Yes, her regular food contains rice and oatmeal. It's a lamb and rice formula. I was just mixing them to use up the last of the old food, and to use the samples before I buy something else. I think grain free might be the best choice for her. Maybe I'll just give away what's left of the old food? There's still probably a good 2 weeks worth of food left.


----------



## Enhasa (Feb 6, 2010)

give it a food that is high in omega 3 and 6s.
wellness, orijen, evo, holistic select, blue buffalo are good choices for that


----------



## Angel's_mom (May 26, 2010)

Thanks for the suggestions! So, do you think it's okay to keep mixing the Professional lamb and rice and the TOTW samples until it's gone? She's tolerating it well. I think having less grains is helping her, then I'll just buy a grain free when I run out. I'm still trying to decide which one, I'll know for sure when I buy it. LOL! I haven't priced Orijen in my area yet but I know TOTW is doable. The store here that sells wellness, I haven't seen Core there. Just the super5 mixes. I'll have to check out the new store that carries orijen and other top of the line foods. Haven't been there yet, I've been buying at feeder's supply.


----------



## Loki Love (May 23, 2010)

If your dog is tolerating the mix of grain with grain-free - then continue it. I'd still monitor poops though! 

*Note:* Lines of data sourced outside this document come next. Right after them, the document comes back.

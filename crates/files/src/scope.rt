// Which variables are bound.
ghost use Rattle.std.specs.Prelude.{◌≡◌};
ghost use Rattle.files.specs.Judgement.{nothing_bound, binding};
ghost use Rattle.files.specs.Scopes.{bits};

use crate::small::Small;

// A set of variables, each a bit.
// Kept: bits, since the sets of the library need a heap.
#[derive(Clone, Copy)]
pub(crate) struct Scope {
    pub(crate) bound: u32,
}

impl Scope {
    // No variable.
    // Kept: not `Default`. The name says what the judge begins with.
    pub(crate) fn empty() -> Scope
        ensures { bits result.bound ≡ nothing_bound }
    {
        Scope { bound: 0 }
    }

    // The same with one variable more.
    pub(crate) fn with(self, variable: Small) -> Scope
        ensures { bits result.bound ≡ binding variable.number (bits self.bound) }
    {
        Scope {
            bound: self.bound | 1 << variable.number,
        }
    }

    // Whether a variable is among them.
    pub(crate) fn holds(self, variable: Small) -> bool
        ensures { result ≡ bits self.bound variable.number }
    {
        (self.bound >> variable.number) & 1 == 1
    }
}
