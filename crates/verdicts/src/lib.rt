// What is told of a refusal, whatever was refused.
#![tactic(auto)]

pub mod reason;
pub mod verdict;
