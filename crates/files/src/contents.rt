// The definitions and the goal of a parameter file, read from its bytes.
ghost use Rattle.std.specs.Prelude.{◌≡◌, length, drop, IfSome, IfOk, Ok, Err, MatchResult};
ghost use Rattle.std.specs.Option.{option_map};
ghost use Rattle.orc.specs.Expressions.{entry};
ghost use Rattle.orc.specs.Files.{File, file_bytes};
ghost use Rattle.formats.specs.Operands.{byte_at};
ghost use Rattle.forms.specs.Heads.{expression, IsForm};
ghost use Rattle.files.specs.Judgement.{FileOutcome};
ghost use Rattle.files.specs.Contents.{body_bytes, behind_definition, behind_definitions, file_of};
ghost use Rattle.files.specs.Parts.{definition_of};

use crate::check::check_file;
use formats::fault::Fault;
use forms::form::Form;
use hosts::host::Host;

// A file's bytes. Bytes that are missing are read as 0.
#[derive(Clone, Copy)]
pub struct Contents<'a> {
    pub(crate) bytes: &'a [u8],
}

// A definition: its formal variable and its form.
#[derive(Clone, Copy)]
pub struct Definition<'a> {
    pub formal: u8,
    pub body: Form<'a>,
}

// The byte at an offset, or 0 where there is none.
fn byte_or_zero(bytes: &[u8], at: usize) -> u8
    ensures { result ≡ byte_at bytes.now at }
{
    bytes.get(at).copied().unwrap_or(0)
}

// What stands from an offset on.
fn bytes_from<'a>(bytes: &'a [u8], at: usize) -> &'a [u8]
    ensures { result.now ≡ drop at bytes.now }
{
    bytes.get(at..).unwrap_or(&[])
}

// The form of the definition at the front of some bytes, and what stands behind it.
fn split_definition<'a>(bytes: &'a [u8]) -> (&'a [u8], &'a [u8])
    ensures body { result.0.now ≡ body_bytes bytes.now }
    ensures behind { result.1.now ≡ behind_definition bytes.now }
{
    // Kept: two bytes, each of which is 0 where it is missing, as `Operand` does not read them.
    let size = u16::from_be_bytes([byte_or_zero(bytes, 1), byte_or_zero(bytes, 2)]);
    let rest = bytes_from(bytes, 3);
    rest.split_at(rest.len().min(usize::from(size)))
}

// What stands behind so many definitions of a file.
fn behind_definitions<'a>(file: &'a [u8], count: usize) -> &'a [u8]
    ensures { result.now ≡ behind_definitions count (drop 1 file.now) }
{
    (0..count).fold(bytes_from(file, 1), |rest, _| split_definition(rest).1)
}

impl<'a> Contents<'a> {
    // Any bytes, to be read as a file.
    pub fn new(bytes: &'a [u8]) -> Contents<'a>
        ensures { result.bytes.now ≡ bytes.now }
    {
        Contents { bytes }
    }

    // How many definitions there are.
    pub fn definition_count(self) -> usize
        ensures { result ≡ length (file_of self.entry.bytes.now).definitions }
    {
        usize::from(byte_or_zero(self.bytes, 0))
    }

    // The definition of a number, from 0, if there is one.
    pub fn definition(self, number: usize) -> Option<Definition<'a>>
        ensures found { option_map definition_of result ≡ entry (file_of self.entry.bytes.now).definitions number }
        ensures whole { (file : File) → self.entry.bytes.now ≡ file_bytes file → IfSome result (λ d. IsForm d.body.bytes.now) }
    {
        if number >= self.definition_count() {
            return None;
        }
        let definition = behind_definitions(self.bytes, number);
        let (body, _) = split_definition(definition);
        Some(Definition {
            formal: byte_or_zero(definition, 0),
            body: Form::new(body),
        })
    }

    // The goal's form.
    pub fn goal(self) -> Form<'a>
        ensures goal { expression result ≡ (file_of self.entry.bytes.now).goal }
        ensures whole { (file : File) → self.entry.bytes.now ≡ file_bytes file → IsForm result.bytes.now }
    {
        Form::new(behind_definitions(self.bytes, self.definition_count()))
    }
}

// Judges a file with a host, and gives its definitions and goal if it is accepted.
pub fn read_file<'a, H: Host>(host: &H, file: &'a [u8]) -> Result<Contents<'a>, Fault>
    ensures outcome { MatchResult result
        (λ _. FileOutcome (H.Host.meaning host.now) file.now (Ok (file_of file.now)))
        (λ f. FileOutcome (H.Host.meaning host.now) file.now (Err f)) }
    ensures contents { IfOk result (λ c. c.bytes.now ≡ file.now) }
{
    check_file(host, file)?;
    Ok(Contents::new(file))
}
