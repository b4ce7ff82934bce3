// The reasons for which an input or a call is refused.
ghost use Rattle.std.specs.Prelude.{◌≡◌};
ghost use Rattle.verdicts.specs.Verdicts.{Told, told_by};

// What is told of a reason: the number that a mechanic looks up, what it is about (an offset, a count, a ticket, a clock or a
// size), and its name in words.
#[derive(Clone, Copy, Debug)]
pub struct Notice {
    pub number: u8,
    pub place: usize,
    pub name: &'static str,
}

// A reason for a refusal.
pub trait Reason {
    // All that is told of it.
    ghost told: { Self → Told };

    fn notice(&self) -> Notice
        ensures { told_by result ≡ told self.now };

    // The number that a mechanic looks up.
    final fn number(&self) -> u8
        ensures { result ≡ (told self.now).number }
    {
        self.notice().number
    }

    // What it is about: an offset, a count, a ticket, a clock or a size.
    final fn place(&self) -> usize
        ensures { result ≡ (told self.now).place }
    {
        self.notice().place
    }

    // Its name in words.
    final fn name(&self) -> &'static str
        ensures { result.now ≡ (told self.now).name }
    {
        self.notice().name
    }
}
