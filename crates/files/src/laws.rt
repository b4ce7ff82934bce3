// What the format promises of every file. Each function stands here for its contract, which is the law.
ghost use Rattle.files.specs.Laws.{ExactlyOneOutcome, AcceptedExactlyIfWellFormed, FilesAreReadBack};

// Over any meaning every file has exactly one outcome.
pub fn every_file_has_exactly_one_outcome()
    ensures { ExactlyOneOutcome }
{}

// Bytes are accepted as a file exactly if they are its encoding, and it is well-formed.
pub fn accepted_exactly_if_well_formed()
    ensures { AcceptedExactlyIfWellFormed }
{}

// The bytes of a file are read back as the file.
pub fn files_are_read_back()
    ensures { FilesAreReadBack }
{}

Orijen is quite a bit pricier than TOTW; however, most places do a buy 12 or 13 and get 1 bag free (depending on the size of bag you buy). I have been using TOTW for the past few months and had wonderful success. I recently changed to Orijen though (Regional Red) to benefit from the higher calorie count per cup.


----------



## momof3 (Nov 24, 2007)

I really like TOTW Pacific Stream and have great results from it with our Lab. I have decided that I am going to try him on one of the Nature's Variety Instinct formulas the Duck I belive. I want to be able to rotate him because foods come and go up here in my little Alaskan town and I don't want to be so limited.


----------



## Angel's_mom (May 26, 2010)

Thanks! Her poops look a lot better this week since she has been eating the mix. I monitor them most of the time, just to be sure.


----------



## RobynB (Jun 3, 2010)

I switched my Pug to Wellness Core after years of licking itchy paws and belly. After only a short time eating Core, no more licking at all! We are so relieved! He used to wake us up licking his paws most nights but now he is resting well. Good luck.


----------



## Angel's_mom (May 26, 2010)

I decided to go grain free so we're doing Taste of the Wild right now. I just bought a 5 lb bag yesterday. I would like to do a rotation, so I may add Wellness Core into that rotation, since I just saw it today for the first time. A lot of the better brands are hard to find around here. I'm still in the process of transitioning her to the TOTW but so far so good!


----------